Largely, my sociopolitical convictions come from opposing the majority, and take the shape of the opposite of whatever I perceive the mainstream cultural current to be. So, when I had just come out of art school, I was ranting about liberalism and turning into an ayn-rand style capitalist, sneering at postmodernism and patting alan sokal on the back while toasting the enlightenment. Now, even though I'm still vehemently anti-artist, I've become anti-scientist too. And even though I'm still anti-liberal, I've become anti-conservative too. And anti-libertarian, because I read too damned much ESR on the web. I just don't like people, and any time one of the filthy little shits holds a conviction, I see it as my moral duty to tear that conviction down.
Considering a world-view that is uninfluenced by the desire to oppose the convictions of others, I think that maybe I don't have much of one. Reading my blog, one gets the sense that I hold fierce convictions, and then contradict them with the opposite conclusion just as fiercely a few months on down the road. The conclusion we can draw is that I don't really have any convictions (does anyone really have any convictions? I'd posit 'no'), but rather that I have an aggressive need to have convictions, and so I dream them up. But does someone like me serve any purpose? Someone who's permanently stuck in 'revolution' mode, like a broken record (number 9...number 9...number 9)? I don't fight for anything, but rather always against the majority, against the mainstream, against democracy (conformity sanctified?). I know that many would criticize this tendency as fundamental to destructive leftism.
I'm just thinking aloud, as always.
So, again: if I disappear, that's probably where I went: some dank basement CIA interrogation room.

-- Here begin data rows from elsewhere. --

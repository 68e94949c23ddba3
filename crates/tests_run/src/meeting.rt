//! Where terminals meet: their gates hold each until all have come.
ghost use Rattle.std.specs.Prelude.{◌≡◌};

use std::sync::atomic::{AtomicU32, Ordering};
use std::thread;
use terminals::{Calls, Gate};

/// How often one looks whether what it waits for has come.
pub(crate) const TURNS: u32 = 10_000_000;

/// How many have come to where they meet, and how many have gone on without the others.
#[derive(Default, Drop)]
pub(crate) struct Meeting {
    come: AtomicU32,
    alone: AtomicU32,
}

impl Meeting {
    /// How many have come.
    pub(crate) fn come(&self) -> u32 {
        self.come.load(Ordering::SeqCst)
    }

    /// How many have gone on without the others.
    pub(crate) fn alone(&self) -> u32 {
        self.alone.load(Ordering::SeqCst)
    }

    /// Comes, and waits until so many have, unless one has gone on without the others.
    fn hold(&self, all: u32) {
        self.come.fetch_add(1, Ordering::SeqCst);
        for _ in 0..TURNS {
            if self.come() >= all {
                return;
            }
            if self.alone() > 0 {
                break;
            }
            thread::yield_now();
        }
        self.alone.fetch_add(1, Ordering::SeqCst);
    }
}

/// A terminal's gate, which holds it before its first commit until so many have come to theirs.
#[derive(Drop)]
pub(crate) struct Attendance<'a> {
    pub(crate) calls: Calls,
    pub(crate) meeting: &'a Meeting,
    pub(crate) all: u32,
}

impl<'a> Gate for Attendance<'a> {
    ghost calls = { λ gate. gate.calls };

    fn before_execute(&mut self) {
        self.calls.before_execute();
    }

    fn before_commit(&mut self) {
        if self.calls.commits == 0 {
            self.meeting.hold(self.all);
        }
        self.calls.before_commit();
    }

    fn after_commit(&mut self) {
        self.calls.after_commit();
    }
}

I got a haircut and I look like a hard-ass. Having short hair is socially useful, especially in conjunction with a beard and athletic wear. One can see the glint of fear in people's eyes as one stomps by. In my mind at least, longer hair is associated with peace-loving hippies, while shorter hair is associated with mean marines. Steel-toed boots would make the transformation complete. I feel manlier. Grawr.

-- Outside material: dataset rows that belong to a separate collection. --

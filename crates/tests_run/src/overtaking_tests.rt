//! An input that is given up, and all behind it.
ghost use Rattle.std.specs.Prelude.{◌≡◌, [], length, All, IfOk};
ghost use Rattle.lane_logger.specs.Found.{new_files};
ghost use Rattle.book.specs.Parts.{IsOpenedAs, IsLedgerOf, base_of, loggers_of, terminals_of};

use crate::overtaking::{Lane, Overtaking};
use crate::stage::one_log;
use book::{Engine, Parts, Seats};
use lane_logger::LoggedRun;
use log_disk::Memory;
use money::Refusal;
use population::Population;
use run_threads::{Desks, Station, Tally, run};
use std::alloc::Global;
use std::marker::Brand;
use std::sync::Wait;
use std::test::Fail;
use std::thread::Threads;
use tables::{Input, Scale};
use terminals::Calls;
use terminals_deck::{Deck, Settings};

/// How many inputs each terminal has: more than the fast one commits beside 64 tries.
const INPUTS: u32 = 400;

/// What inputs are drawn from so that the slow terminal's first one is a Payment, which each Payment and each New-Order
/// of the only district overtakes.
fn seed_of_a_payment(alloc: Global, scale: Scale) -> Result<u64, Refusal> {
    for seed in 1..100 {
        if let Input::Payment(_) = Deck::new(scale, Settings::usual(), seed, 0).next(alloc)? {
            return Ok(seed);
        }
    }
    Err(Refusal::BadInput)
}

/// The stations: of the slow terminal, and of the fast one.
fn stations<'a>(
    alloc: Global,
    scale: Scale,
    seed: u64,
    overtaking: &'a Overtaking,
) -> Result<Vec<Station<Lane<'a>>>, Refusal>
    ensures count { IfOk result (λ stations. length stations.items ≡ 2) }
    ensures decks { IfOk result (λ stations. All (λ station. station.deck.scale ≡ scale) stations.items) }
{
    let mut stations = Vec::new(alloc);
    for terminal in 0..2u32 {
        stations.push(Station {
            deck: Deck::new(scale, Settings::usual(), seed, terminal),
            gate: Lane {
                calls: Calls::default(),
                overtaking,
                is_fast: terminal > 0,
            },
        })?;
    }
    Ok(stations)
}

/// What came of a terminal's inputs: how many there were, and how many were given up and refused.
#[derive(Clone, Copy, Debug, Default, PartialEq, Eq)]
struct Ends {
    inputs: u32,
    gave_up: u32,
    refused: u32,
}

impl Ends {
    fn of(tallies: &[Tally], terminal: usize) -> Ends {
        let Some(tally) = tallies.get(terminal) else {
            return Ends::default();
        };
        let ends = [tally.commits, tally.rollbacks, tally.gave_up, tally.refused];
        Ends {
            inputs: ends.iter().fold(0u32, |sum, n| sum.saturating_add(*n)),
            gave_up: tally.gave_up,
            refused: tally.refused,
        }
    }
}

/// Runs the two terminals.
fn run_of<K: LoggedRun + Send + Sync, R: Threads + Wait + Sync>(
    rt: &R,
    alloc: Global,
    parts: Parts,
    overtaking: &Overtaking,
) -> Result<(Ends, Ends), Refusal>
    requires run { IsOpenedAs parts K.run }
    requires ledger { IsLedgerOf parts K.name K.parts }
    requires named { K.found ≡ new_files 1 K.run.first.scale 0 }
    requires loggers { (loggers_of parts ≡ 1) × (base_of parts ≡ 0) }
    requires terminals { terminals_of parts ≡ 2 }
{
    let (engine, seats) = Engine::<K>::open(parts);
    let Seats {
        clock,
        loggers,
        terminals,
    } = seats;
    let disk = Memory::new(alloc);
    let logs = one_log(alloc, engine.population(), engine.board(), loggers, disk)?;
    let scale = engine.population().scale();
    let stations = stations(alloc, scale, seed_of_a_payment(alloc, scale)?, overtaking)?;
    let desks = Desks { clock, terminals };
    let outcome = run(rt, alloc, engine, desks, logs, stations, INPUTS)?;
    Ok((Ends::of(&outcome.tallies, 0), Ends::of(&outcome.tallies, 1)))
}

#[test]
fn a_terminal_that_is_overtaken_gives_its_input_up(rt: HostRuntime) -> Result<(), Fail> {
    let scale = Scale::new(1, 1, 10, 20, 2_000, 2_000)?;
    let population = Population::plain(rt.alloc(), scale)?;
    let parts = Parts::new(&rt, rt.alloc(), population, 1, 2)?;
    let overtaking = Overtaking::default();
    let (slow, fast) = run_of::<Brand, _>(&rt, rt.alloc(), parts, &overtaking)?;
    let all = Ends {
        inputs: INPUTS,
        ..Ends::default()
    };
    assert_eq!(rt; slow, Ends { gave_up: 1, ..all });
    assert_eq!(rt; fast, all);
    assert_eq!(rt; overtaking.in_vain(), 0);
    Ok(())
}
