//! Two terminals, whose entries are their decks' inputs, and more inputs than commits that their population takes.
ghost use Rattle.std.specs.Prelude.{◌≡◌, [], length, All, IfOk};
ghost use Rattle.lane_logger.specs.Found.{new_files};
ghost use Rattle.book.specs.Parts.{IsOpenedAs, IsLedgerOf, base_of, loggers_of, terminals_of};

use crate::stage::one_log;
use book::{Engine, Entry, Parts, Run, Seats};
use lane_logger::LoggedRun;
use log_disk::{Disk, Memory};
use money::Refusal;
use population::Population;
use program_run::ran;
use run_threads::{Desks, Outcome, Station, run};
use std::alloc::Global;
use std::marker::Brand;
use std::sync::{Arc, Wait};
use std::test::Fail;
use std::thread::Threads;
use tables::{Input, Scale};
use terminals::{Calls, TRIES};
use terminals_deck::{Deck, Settings};

/// The seed of the decks. Of the first 20 inputs of both, one has an item that isn't in ITEM, by `tests/draws.py`.
const SEED: u64 = 11;

/// How many inputs each terminal has.
const INPUTS: u32 = 20;

/// How many commits the population takes.
const COMMITS: u32 = 25;

/// The lines of other counts.
const TOLD: &str = "commits 1\nrollbacks 2\ngaveup 3\nrefused 4\ndurable 5\nacknowledged 6\n";

fn deck(scale: Scale, terminal: u16) -> Deck
    ensures { result.scale ≡ scale }
{
    Deck::new(scale, Settings::usual(), SEED, u32::from(terminal))
}

fn station(scale: Scale, terminal: u16) -> Station<Calls>
    ensures { result.deck.scale ≡ scale }
{
    Station {
        deck: deck(scale, terminal),
        gate: Calls::default(),
    }
}

/// The stations of terminals 0 and 1.
fn stations(alloc: Global, scale: Scale) -> Result<Vec<Station<Calls>>, Refusal>
    ensures count { IfOk result (λ stations. length stations.items ≡ 2) }
    ensures decks { IfOk result (λ stations. All (λ station. station.deck.scale ≡ scale) stations.items) }
{
    let mut stations = Vec::new(alloc);
    stations.push(station(scale, 0))?;
    stations.push(station(scale, 1))?;
    Ok(stations)
}

/// A deck, and how many inputs were drawn of it.
#[derive(Drop)]
struct Drawn {
    deck: Deck,
    count: u32,
}

impl Drawn {
    /// Draws until this input comes, and tells whether it did, as one of those that the terminal had.
    fn comes_to(&mut self, alloc: Global, input: &Input) -> Result<bool, Refusal> {
        for _ in self.count..INPUTS {
            self.count = self.count.saturating_add(1);
            if self.deck.next(alloc)? == *input {
                return Ok(true);
            }
        }
        Ok(false)
    }
}

/// Whether the entries of a terminal are inputs of its deck, in order.
fn are_drawn(
    alloc: Global,
    scale: Scale,
    terminal: u16,
    history: &[Arc<Entry, Global>],
) -> Result<bool, Refusal> {
    let mut drawn = Drawn {
        deck: deck(scale, terminal),
        count: 0,
    };
    for entry in history {
        if entry.terminal == terminal && !drawn.comes_to(alloc, &entry.input)? {
            return Ok(false);
        }
    }
    Ok(true)
}

/// What is seen of a run.
#[derive(Clone, Copy, Debug, PartialEq, Eq)]
struct Seen {
    commits: u64,
    rollbacks: u64,
    /// Inputs that were refused or given up, and whether some were refused.
    others: u64,
    has_refused: bool,
    /// Whether the entries are of the two terminals, and of each inputs of its deck, in order.
    are_drawn: bool,
}

fn seen_of<K: Run, D: Disk + Drop>(
    alloc: Global,
    scale: Scale,
    outcome: &Outcome<K, D>,
) -> Result<Seen, Refusal> {
    let history = outcome.closed.history();
    Ok(Seen {
        commits: outcome.counts.commits,
        rollbacks: outcome.counts.rollbacks,
        others: outcome
            .counts
            .refused
            .saturating_add(outcome.counts.gave_up),
        has_refused: outcome.counts.refused > 0,
        are_drawn: history.iter().all(|entry| entry.terminal < 2)
            && are_drawn(alloc, scale, 0, history)?
            && are_drawn(alloc, scale, 1, history)?,
    })
}

/// Whether a run that came to other counts is told by their lines.
fn is_told<K: Run, D: Disk + Drop>(alloc: Global, outcome: Outcome<K, D>) -> Result<bool, Refusal> {
    let mut outcome = outcome;
    outcome.counts.commits = 1;
    outcome.counts.rollbacks = 2;
    outcome.counts.gave_up = 3;
    outcome.counts.refused = 4;
    outcome.counts.durable = 5;
    outcome.counts.acknowledged = 6;
    let mut text = Vec::new(alloc);
    ran(alloc, &mut outcome, &mut text)?;
    Ok(text.as_slice().starts_with(TOLD.as_bytes()))
}

/// Runs the inputs of two terminals. Answers what is seen of the run, and whether other counts are told.
fn run_of<K: LoggedRun + Send + Sync, R: Threads + Wait + Sync>(
    rt: &R,
    alloc: Global,
    parts: Parts,
) -> Result<(Seen, bool), Refusal>
    requires run { IsOpenedAs parts K.run }
    requires ledger { IsLedgerOf parts K.name K.parts }
    requires named { K.found ≡ new_files 1 K.run.first.scale 0 }
    requires loggers { (loggers_of parts ≡ 1) × (base_of parts ≡ 0) }
    requires terminals { terminals_of parts ≡ 2 }
{
    let (engine, seats) = Engine::<K>::open(parts);
    let Seats {
        clock,
        loggers,
        terminals,
    } = seats;
    let scale = engine.population().scale();
    let disk = Memory::new(alloc);
    let logs = one_log(alloc, engine.population(), engine.board(), loggers, disk)?;
    let stations = stations(alloc, scale)?;
    let desks = Desks { clock, terminals };
    let outcome = run(rt, alloc, engine, desks, logs, stations, INPUTS)?;
    Ok((seen_of(alloc, scale, &outcome)?, is_told(alloc, outcome)?))
}

#[test]
fn a_terminal_s_entries_are_its_deck_s_inputs(rt: HostRuntime) -> Result<(), Fail> {
    let scale = Scale::new(1, 2, 10, 20, 2_000, COMMITS)?;
    let population = Population::plain(rt.alloc(), scale)?;
    let parts = Parts::new(&rt, rt.alloc(), population, 1, 2)?;
    let (seen, is_told) = run_of::<Brand, _>(&rt, rt.alloc(), parts)?;
    let wanted = Seen {
        commits: 25,
        rollbacks: 1,
        others: 14,
        has_refused: true,
        are_drawn: true,
    };
    assert_eq!(rt; seen, wanted);
    assert!(rt; is_told);
    Ok(())
}

/// The tries of an input, which no run here comes to.
#[test]
fn how_often_an_input_is_tried(rt: HostRuntime) {
    assert_eq!(rt; TRIES, 64);
}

I've been noticing physical changes, now in my 30th year (i just realized that human age starts counting from zero, just like the year you turn 'one year old,' you've already lived one year, and are working on your second). I am more injury prone. I don't heal as quickly. My muscles atrophy more readily from lack of exercise. All this means in terms of hand-to-hand combat is that I need to learn to fight smarter as opposed to harder. I used to be able to get away with sloppiness because of my strength, but now I'll have to focus on a more precision 'surgical strike' techniques: pressure points, body targets, etc. Not that I've ever hit anyone in my life. Well, that's not quite true.
I met tom's fiancee last night; she's extremely nice. I think tom has made a good catch. She shares the 'miss congeniality prize' with shoko for brides-of-friends. Or, I should say 'spouses of friends,' to include helen and just in case serena ever gets married.
I don't have too many girl-friends, come to think of it. If you count my internet friends, I have a few more, but that's sort of iffy -- they're more acquaintances with whom I'm usually friendly. There's etsuko, my japanese pen pal. Mrs. White, james's mother. Preminda, my old art history prof. Of course it's hard to draw the line between 'friend' and 'acquaintance.' I usually like to do it by posing the question, 'who would you or could you call at 3am with some kind of emergency?' I think by that definition, serena and helen are my only female friends. The rest are acquaintances of varying caliber. Of course, there's sarah and megan (not to mention my mom and aunt) but they're really more family. I dunno about ana -- we just broke up a little while ago. I'm not sure she'd appreciate getting a phone call late at night.
Anyway, I bought black beans and rice and some kielbasas to cut up in them. It's very good, but my stomach is bothering me now.